Before running the Pulumi program, ensure you have:
- Installed Pulumi and set up the Pulumi CLI.
- Configured your Kubernetes cluster and ensured kubectl is set up to communicate with your cluster.
- Defined any necessary Pulumi configuration for the Kubernetes provider, such as context and namespace, if you're working in a specific namespace other than the default.

Here's the program:

```python
import pulumi
import pulumi_kubernetes as k8s

# Define the Solr Deployment
solr_deployment = k8s.apps.v1.Deployment(
    "solr-deployment",
    spec=k8s.apps.v1.DeploymentSpecArgs(
        replicas=3,  # Start with 3 replicas
        selector=k8s.meta.v1.LabelSelectorArgs(
            match_labels={"app": "solr"},
        ),
        template=k8s.core.v1.PodTemplateSpecArgs(
            metadata=k8s.meta.v1.ObjectMetaArgs(
                labels={"app": "solr"},
            ),
            spec=k8s.core.v1.PodSpecArgs(
                containers=[k8s.core.v1.ContainerArgs(
                    name="solr",
                    image="solr:8",  # Use the official Solr image from Docker Hub
                    ports=[k8s.core.v1.ContainerPortArgs(
                        container_port=8983,  # Default Solr port
                    )],
                    # Define resources for autoscaling to monitor, adapt as needed
                    resources=k8s.core.v1.ResourceRequirementsArgs(
                        requests={"cpu": "500m", "memory": "1Gi"},
                        limits={"cpu": "2", "memory": "4Gi"},
                    ),
                )],
            ),
        ),
    ))

# Define the Service to expose Solr
solr_service = k8s.core.v1.Service(
    "solr-service",
    spec=k8s.core.v1.ServiceSpecArgs(
        type="LoadBalancer",  # For external access, consider relevant type based on your cloud provider
        ports=[k8s.core.v1.ServicePortArgs(
            port=8983,
            target_port=pulumi.IntOrString(8983),
        )],
        selector={"app": "solr"},
    ))

# Define a Horizontal Pod Autoscaler to scale Solr based on CPU usage.
solr_hpa = k8s.autoscaling.v1.HorizontalPodAutoscaler(
    "solr-hpa",
    spec=k8s.autoscaling.v1.HorizontalPodAutoscalerSpecArgs(
        scale_target_ref=k8s.autoscaling.v1.CrossVersionObjectReferenceArgs(
            api_version="apps/v1",
            kind="Deployment",
            name=solr_deployment.metadata.name,
        ),
        min_replicas=3,  # Minimum number of replicas
        max_replicas=10,  # Maximum number of replicas
        target_cpu_utilization_percentage=50,  # Target CPU utilization percentage to trigger a scale up
    ))

# Export the service endpoint to access Solr
pulumi.export('solr_endpoint', pulumi.Output.concat("http://", solr_service.status.apply(lambda status: status.load_balancer.ingress[0].ip)))
```

In the program above, we create a `Deployment` to manage the Solr pods with an initial replica count of 3. Each pod has set resource `requests` and `limits` which are important for the `HorizontalPodAutoscaler` to make decisions about scaling.

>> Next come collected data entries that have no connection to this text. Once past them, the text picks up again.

//! What follows where a call of a row fails.

use crate::comparing::{Difference, Subject, came_text};
use crate::event_text::EventText;
use crate::row::Run;
use crate::running::{Events, Outcome, failing_outcome_of};
use bstr::ByteSlice;
use el_app::Finish;
use el_words::{NoMemory, Words};
use el_world::Event;
use std::alloc::{AllocError, Global};

/// The places of a run's events whose calls can fail: all that aren't closes.
#[derive(Drop)]
pub struct FailedCalls {
    places: Vec<usize>,
}

impl FailedCalls {
    /// How many events come before the `k`-th of these, counted from 1; all of them where there are fewer.
    pub fn place_of(&self, k: u64) -> usize {
        let number = usize::try_from(k.saturating_sub(1)).unwrap_or(usize::MAX);
        self.places.get(number).map_or(usize::MAX, |place| *place)
    }
}

/// The places among these events.
pub fn failed_calls(alloc: Global, events: Events<'_>) -> Result<FailedCalls, AllocError> {
    let mut places = Vec::new(alloc);
    for place in 0..events.len() {
        if !matches!(events.get(place), Some(Event::Close { .. }) | None) {
            places.push(place)?;
        }
    }
    Ok(FailedCalls { places })
}

/// Lets each call of `whole`, a run of the row, fail in turn. The events before it are those of the whole run,
/// and so is the call itself. Behind a message that couldn't be written the same call comes as without that,
/// and behind a tool's output the end with 111. Behind an open that failed anything may come where the row's words
/// have `envfile -I`, which goes on then. Otherwise the process closes handles, writes one message at most and ends
/// with 111.
pub fn failing_difference(
    alloc: Global,
    run: &Run,
    whole: &Outcome,
    calls: &FailedCalls,
) -> Result<Option<Difference>, NoMemory> {
    let mut k = 0u64;
    for place in &calls.places {
        k = k.saturating_add(1);
        if let Some(difference) = call_difference(alloc, run, whole, k, *place)? {
            return Ok(Some(difference));
        }
    }
    Ok(None)
}

// The difference where the `k`-th call fails, behind so many events.
fn call_difference(
    alloc: Global,
    run: &Run,
    whole: &Outcome,
    k: u64,
    place: usize,
) -> Result<Option<Difference>, NoMemory> {
    let failing = failing_outcome_of(alloc, run, k, place)?;
    rule_difference(alloc, &run.words, whole, &failing, k, place)
}

// The same, from what came of that run.
fn rule_difference(
    alloc: Global,
    words: &Words,
    whole: &Outcome,
    failing: &Outcome,
    k: u64,
    place: usize,
) -> Result<Option<Difference>, NoMemory> {
    match broken_rule(alloc, words, whole, failing, place)? {
        Some(expected) => Ok(Some(Difference {
            subject: Subject::Failing(k),
            expected: String::from_str(alloc, expected)?,
            came: came_text(alloc, failing.events().failed())?,
        })),
        None => Ok(None),
    }
}

// The first rule that doesn't hold where the event at this place failed.
fn broken_rule(
    alloc: Global,
    words: &Words,
    whole: &Outcome,
    failing: &Outcome,
    place: usize,
) -> Result<Option<&'static str>, AllocError> {
    let (was, is) = (whole.events(), failing.events());
    let behind = place.saturating_add(1);
    if !are_same(alloc, was, is, 0, place)? {
        return Ok(Some("the same events before it"));
    }
    if !is_same_call(alloc, was.get(place), is.failed())? {
        return Ok(Some("the same call"));
    }
    if let Some(Event::Write { .. }) = is.failed() {
        let ends = failing.finish == Finish::Status(111) && is.len() == behind;
        let goes_on = ends || goes_on_alike(alloc, whole, failing, behind)?;
        return Ok((!goes_on).then_some("the same call behind it, or the status 111"));
    }
    let ends = failing.finish == Finish::Status(111) && is_ending(is, behind);
    let may_go_on = matches!(is.failed(), Some(Event::Opened { .. })) && may_pass_over(words);
    Ok((!ends && !may_go_on).then_some("closes, one message and the status 111"))
}

// Whether the words have an envfile that goes on behind an open that failed.
fn may_pass_over(words: &Words) -> bool {
    has_text(words, b"envfile") && has_text(words, b"-I")
}

// Whether one of the words has this text.
fn has_text(words: &Words, text: &[u8]) -> bool {
    words.iter().any(|word| word.contains_str(text))
}

// Whether the events from one place to another are the same.
fn are_same(
    alloc: Global,
    one: Events<'_>,
    other: Events<'_>,
    from: usize,
    to: usize,
) -> Result<bool, AllocError> {
    for place in from..to {
        if came_text(alloc, one.get(place))? != came_text(alloc, other.get(place))? {
            return Ok(false);
        }
    }
    Ok(true)
}

// Whether both go on with the same call at this place, or end alike. What comes of the call may differ: a failed call
// leaves its answer to the next one.
fn goes_on_alike(
    alloc: Global,
    whole: &Outcome,
    failing: &Outcome,
    place: usize,
) -> Result<bool, AllocError> {
    match (whole.events().get(place), failing.events().get(place)) {
        (None, None) => Ok(whole.finish == failing.finish),
        (was, is) => is_same_call(alloc, was, is),
    }
}

// Whether two events have the same call, whatever came of it.
fn is_same_call(
    alloc: Global,
    event: Option<&Event>,
    other: Option<&Event>,
) -> Result<bool, AllocError> {
    match (event, other) {
        (Some(event), Some(other)) => {
            let call = EventText(event).call(alloc)?;
            Ok(call == EventText(other).call(alloc)?)
        }
        _ => Ok(false),
    }
}

// Whether from this place on there are closes and one message at most.
fn is_ending(events: Events<'_>, from: usize) -> bool {
    let mut messages = 0;
    for place in from..events.len() {
        match events.get(place) {
            Some(Event::Close { .. }) => {}
            Some(Event::Write { .. }) if messages == 0 => messages = 1,
            _ => return false,
        }
    }
    true
}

The `Service` exposes the Solr deployment within the Kubernetes cluster and potentially outside depending on the `type` (e.g., `LoadBalancer` for cloud providers).

The `HorizontalPodAutoscaler` automatically adjusts the number of Solr pods in the deployment based on the CPU utilization. It's configured to keep the CPU utilization around 50%. If it goes above, the HPA adds more Solr pods to the deployment until it reaches the maximum of 10 replicas. If the utilization falls below the target for an extended period, it will remove pods until it reaches the minimum count of 3.

Finally, we export the Solr service endpoint so that you can access the Solr UI and API from outside the Kubernetes cluster.

To deploy the Solr service using this Pulumi program, save the code to a file (for instance `__main__.py` in a new Pulumi project), run `pulumi up`, and confirm the deployment when prompted.